__What is being asked__
Copy every record below exactly as it appears.
------ Data supplied ------
// The search as definitions and why it finds best solutions: section 2.3 of the paper, distance, the two problems by the
// roles of their weights, the pass along the path, and the stated result (specs/); the extended Bellman-Ford search itself
// in specs/ebf/. Laws stand in proofs/ in the same way. There is no code here but the types that `route` shares with these
// definitions; `route` computes what they say.
#![tactic(auto)]

mod reduced;

pub use crate::reduced::{Hop, Reduced};

// A place on the way back from the target: the node, and the scaled weight that may still be spent before it.
#[derive(Clone, Copy, Debug, PartialEq, Eq)]
pub struct TracePlace {
    pub node: usize,
    pub column: usize,
}

// How far a path has come: the node, and the links, the delay and the cost so far.
#[derive(Clone, Copy, Debug, PartialEq, Eq)]
pub struct PartialPath {
    pub node: usize,
    pub links: usize,
    pub delay: u32,
    pub cost: u32,
}
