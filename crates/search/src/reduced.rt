// One reduced problem as a table is filled for it: the bounds, and of each link what a relaxation and the trace read.
ghost use Rattle.search.specs.Hops.{HopsFit};

// A link as a relaxation uses it: its ends, whether it may be used, its kept weight and its scaled weight. The list of them
// stands on the stack, so the fields are no larger than they must be.
#[derive(Clone, Copy, Debug, Default, PartialEq, Eq)]
pub struct Hop {
    pub tail: u8,
    pub head: u8,
    pub usable: bool,
    pub kept: u32,
    pub step: u32,
}

// The numbers of one reduced problem: how many nodes, the bound x of the scaled weight, the bound of the kept weight, and
// the links.
#[derive(Clone, Copy)]
pub struct Reduced<'a> {
    pub nodes: usize,
    pub x: usize,
    pub bound: u32,
    pub hops: &'a [Hop],
    pub ghost fits: { HopsFit nodes x bound hops.now },
}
------
__Solved problem__
// The search as definitions and why it finds best solutions: section 2.3 of the paper, distance, the two problems by the
// roles of their weights, the pass along the path, and the stated result (specs/); the extended Bellman-Ford search itself
// in specs/ebf/. Laws stand in proofs/ in the same way. There is no code here but the types that `route` shares with these
// definitions; `route` computes what they say.
#![tactic(auto)]

mod reduced;

pub use crate::reduced::{Hop, Reduced};

// A place on the way back from the target: the node, and the scaled weight that may still be spent before it.
#[derive(Clone, Copy, Debug, PartialEq, Eq)]
pub struct TracePlace {
    pub node: usize,
    pub column: usize,
}

// How far a path has come: the node, and the links, the delay and the cost so far.
#[derive(Clone, Copy, Debug, PartialEq, Eq)]
pub struct PartialPath {
    pub node: usize,
    pub links: usize,
    pub delay: u32,
    pub cost: u32,
}
filename crates/search/src/reduced.rt
// One reduced problem as a table is filled for it: the bounds, and of each link what a relaxation and the trace read.
ghost use Rattle.search.specs.Hops.{HopsFit};

// A link as a relaxation uses it: its ends, whether it may be used, its kept weight and its scaled weight. The list of them
// stands on the stack, so the fields are no larger than they must be.
#[derive(Clone, Copy, Debug, Default, PartialEq, Eq)]
pub struct Hop {
    pub tail: u8,
    pub head: u8,
    pub usable: bool,
    pub kept: u32,
    pub step: u32,
}

// The numbers of one reduced problem: how many nodes, the bound x of the scaled weight, the bound of the kept weight, and
// the links.
#[derive(Clone, Copy)]
pub struct Reduced<'a> {
    pub nodes: usize,
    pub x: usize,
    pub bound: u32,
    pub hops: &'a [Hop],
    pub ghost fits: { HopsFit nodes x bound hops.now },
}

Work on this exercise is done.